Amano Hodaka, Miura Fumihiko, Toyota Naoyuki, Wada Keita, Katoh Ken-ichirou, Hayano Kouichi, Kadowaki Susumu, Shibuya Makoto, Maeno Sawako, Eguchi Tomoaki, Takada Tadahiro, Asano Takehide
Department of Surgery, Teikyo University School of Medicine, 2-11-1 Kaga-cho, Itabashi-ku, Tokyo 173-8605, Japan.
J Hepatobiliary Pancreat Surg. 2009;16(6):777-80. doi: 10.1007/s00534-009-0202-7.
BACKGROUND/PURPOSE: The resectability of locally advanced pancreatic cancer depends upon, before anything else, the relationship between the tumor and the adjacent arterial structure. Pancreatic cancer that has developed at the caudal side of the pancreas can invade the common hepatic artery (CHA). Pancreatic cancers with CHA involvement can become candidates for surgery in selected cases. Pancreatic cancer arising at the caudal side of the pancreas head may sometimes invade the right and left hepatic arteries (RLHA) as well as the CHA. Pancreatic cancer with RLHA involvement may be assessed as unresectable unless complex vascular reconstruction is performed.

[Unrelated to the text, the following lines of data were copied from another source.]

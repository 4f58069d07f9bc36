//! What is told of histories that were made on the machine.

use crate::expect::{expect_eq, expect_ok};
use pool_book::Book;
use recorded::{Recorded, program_limits};
use std::alloc::Global;
use std::process::Abort;
use tp_lines::calls::read_call_line;
use tp_report::{Counted, Verdict, Written, check, into_history, print_json, print_summary};

/// A client waits for one callback of a work object that another client made.
const ONE_WAIT: [&[u8]; 9] = [
    b"c1 create work r1 x0 p0 normal short g0 q0",
    b"c1 finish",
    b"c2 submit 1",
    b"w1 attach",
    b"c2 wait work 1 keep",
    b"w1 take",
    b"w1 return",
    b"c2 end",
    b"c2 finish",
];

/// Of the I/O object's callbacks one is given up, one completes and is taken, one is under way and one is
/// announced. A work callback and a simple one wait for a worker. Two calls are refused, and one is a look.
const SOME_LEFT: [&[u8]; 18] = [
    b"c1 create io r1 x0 p0 normal short g0 q0",
    b"c1 create work r1 x0 p0 normal short g0 q0",
    b"c1 start-io 1",
    b"c1 start-io 1",
    b"c1 cancel-io 1",
    b"c1 issue-io 1",
    b"c1 complete-io 2 0 512",
    b"c1 start-io 1",
    b"c1 issue-io 1",
    b"c1 submit 2",
    b"c1 submit-simple r1 x0 p0 normal short g0 q0",
    b"c1 start-io 1",
    b"c1 submit 1",
    b"w1 attach",
    b"w1 take",
    b"w2 take",
    b"c1 wait work 2 keep",
    b"c1 end",
];

/// The worker that took a persistent callback of the default pool never leaves it. Another pool has a callback pending.
const ONE_STAYS: [&[u8]; 11] = [
    b"c1 create-pool",
    b"c1 create work r1 x0 p0 normal persistent g0 q0",
    b"c1 create work r2 x0 p1 normal short g0 q0",
    b"c1 submit 1",
    b"w1 attach",
    b"w1 take",
    b"w1 return",
    b"c1 submit 2",
    b"w1 detach",
    b"c1 finish",
    b"c2 finish",
];

// A machine on which these calls were made.
fn played<B: Recorded>(rt: &impl Abort, alloc: Global, workers: u32, lines: &[&[u8]]) -> B {
    assert!(rt; workers == 1 || workers == 2);
    let limits = program_limits(2, workers);
    let mut book = expect_ok(rt, B::open(alloc, limits, 65_536));
    for line in lines {
        make_call(rt, &mut book, line);
    }
    book
}

fn make_call<B: Recorded>(rt: &impl Abort, book: &mut B, line: &[u8]) {
    let ((who, call), _) = expect_ok(rt, read_call_line(line));
    assert!(rt; call.in_range());
    book.step(who, call);
}

fn expect_text(rt: &impl Abort, told: &[u8], wanted: &str) {
    assert!(rt; told == wanted.as_bytes());
}

/// The history is told entry by entry, and `check` reads it back.
#[test]
fn a_history_is_told(rt: HostRuntime) {
    let alloc = rt.alloc();
    let book = played::<Written<Book>>(&rt, alloc, 1, &ONE_WAIT);
    let (book, text) = expect_ok(&rt, into_history(alloc, book));
    expect_text(
        &rt,
        &text,
        "history 2 clients 2 workers 1 events 65536 objects 65535
0 c1 create work r1 x0 p0 normal short g0 q0 -> made 1
0 c1 finish -> ok
0 c2 submit 1 -> queued 1 1
0 w1 attach -> attached 0
0 c2 wait work 1 keep -> begun 1 0
0 w1 take -> taken 1 o1 r1 x0 plain
0 w1 return -> returned - - - - 0 0
0 c2 end -> ended
0 c2 finish -> ok
end 9
",
    );
    let verdict = expect_ok(&rt, check::<Book>(alloc, &text));
    assert!(rt; matches!(verdict, Verdict::Legal { len: 9 }));
    drop(book);
}

/// What is told stands behind what was there before.
#[test]
fn a_summary_is_told(rt: HostRuntime) {
    let alloc = rt.alloc();
    let book = played::<Counted<Book>>(&rt, alloc, 1, &ONE_WAIT);
    let mut text = expect_ok(&rt, Vec::from_slice(alloc, b"end 9\n"));
    expect_ok(&rt, print_summary(alloc, &book, &mut text));
    expect_ok(&rt, print_json(alloc, &book, &mut text));
    expect_text(
        &rt,
        &text,
        "end 9
entries 9
callbacks 1
taken 1
cancelled 0
left 0
refused 0
{\"callbacks\":1,\"cancelled\":0,\"entries\":9,\"left\":0,\"left_callbacks\":[],\"refused\":0,\"taken\":1}
",
    );
    drop(book);
}

/// Each callback that may still run is told, with how far it has come.
#[test]
fn callbacks_that_are_left_are_told(rt: HostRuntime) {
    let alloc = rt.alloc();
    let book = played::<Counted<Book>>(&rt, alloc, 2, &SOME_LEFT);
    let mut text = Vec::new(alloc);
    expect_ok(&rt, print_summary(alloc, &book, &mut text));
    expect_ok(&rt, print_json(alloc, &book, &mut text));
    expect_text(
        &rt,
        &text,
        "entries 17
callbacks 6
taken 1
cancelled 1
left 4
left-callback 3 o1 issued
left-callback 4 o2 pending
left-callback 5 o0 pending
left-callback 6 o1 expected
refused 2
{\"callbacks\":6,\"cancelled\":1,\"entries\":17,\"left\":4,\"left_callbacks\":[3,4,5,6],\"refused\":2,\"taken\":1}
",
    );
    drop(book);
}

/// A callback is left where nobody is free for it. Beside a second worker all isn't over.
#[test]
fn a_persistent_worker_serves_no_other_pool(rt: HostRuntime) {
    let alloc = rt.alloc();
    let two = played::<Book>(&rt, alloc, 2, &ONE_STAYS);
    expect_eq(&rt, two.is_over(), false);
    let book = played::<Counted<Book>>(&rt, alloc, 1, &ONE_STAYS);
    expect_eq(&rt, book.is_over(), true);
    let mut text = Vec::new(alloc);
    expect_ok(&rt, print_summary(alloc, &book, &mut text));
    expect_text(
        &rt,
        &text,
        "entries 10
callbacks 2
taken 1
cancelled 0
left 1
left-callback 2 o2 pending
refused 0
",
    );
    drop(two);
    drop(book);
}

We have experienced 3 cases of successfully resected pancreatic cancer with RLHA and portal vein (PV) invasion. Pancreatectomy (including total pancreatectomy in two cases and pancreatoduodenectomy in one case) with RLHA and PV reconstruction was performed. Three different techniques of arterial reconstruction that were suitable for the individual cases were used. They were: (1) end-to-end anastomosis between the CHA and the left hepatic artery (LHA) and end-to-end anastomosis between the middle hepatic artery (MHA) and the right hepatic artery (RHA), (2) end-to-end anastomosis between the left gastric artery (LGA) and the RHA and end-to-end anastomosis between the right gastroepiploic artery and the LHA, and (3) end-to-side anastomosis between the splenic artery (SA) and the LHA and end-to-end anastomosis between the SA and the RHA.
The mean operating time was 735 min (range 686-800 min) and the mean blood loss was 1726 ml (range 1140-2230 ml). Microscopic curative resection (R0) was possible in all cases even if their International Union Against Cancer (UICC) stage was IIb. There was one case of wound infection, although no serious complications, including hepatic artery thrombosis, liver failure, or biliary fistula were observed. By follow-up three-dimensional computed tomography (3D-CT) angiography, the patency of the anastomosed artery was confirmed to be maintained in all three cases.
R0 operation with 3 different arterial reconstruction techniques was able to be performed without presenting any risk.
背景/目的:局部进展期胰腺癌的可切除性首先取决于肿瘤与相邻动脉结构之间的关系。发生在胰腺尾侧的胰腺癌可侵犯肝总动脉(CHA)。累及CHA的胰腺癌在某些情况下可成为手术候选对象。起源于胰头尾侧的胰腺癌有时可侵犯左右肝动脉(RLHA)以及CHA。累及RLHA的胰腺癌除非进行复杂的血管重建,否则可能被评估为不可切除。
我们有3例累及RLHA和门静脉(PV)的胰腺癌成功切除病例。进行了RLHA和PV重建的胰腺切除术(2例为全胰切除术,1例为胰十二指肠切除术)。采用了三种适合个体病例的不同动脉重建技术。它们分别是:(1)CHA与左肝动脉(LHA)端端吻合以及肝中动脉(MHA)与右肝动脉(RHA)端端吻合;(2)胃左动脉(LGA)与RHA端端吻合以及胃网膜右动脉与LHA端端吻合;(3)脾动脉(SA)与LHA端侧吻合以及SA与RHA端端吻合。
平均手术时间为735分钟(范围686 - 800分钟),平均失血量为1726毫升(范围1140 - 2230毫升)。即使国际抗癌联盟(UICC)分期为IIb期,所有病例均有可能实现显微镜下根治性切除(R0)。有1例伤口感染,不过未观察到包括肝动脉血栓形成、肝衰竭或胆瘘在内的严重并发症。通过随访三维计算机断层扫描(3D - CT)血管造影,证实所有3例吻合动脉均保持通畅。
采用3种不同动脉重建技术能够进行R0手术且无任何风险。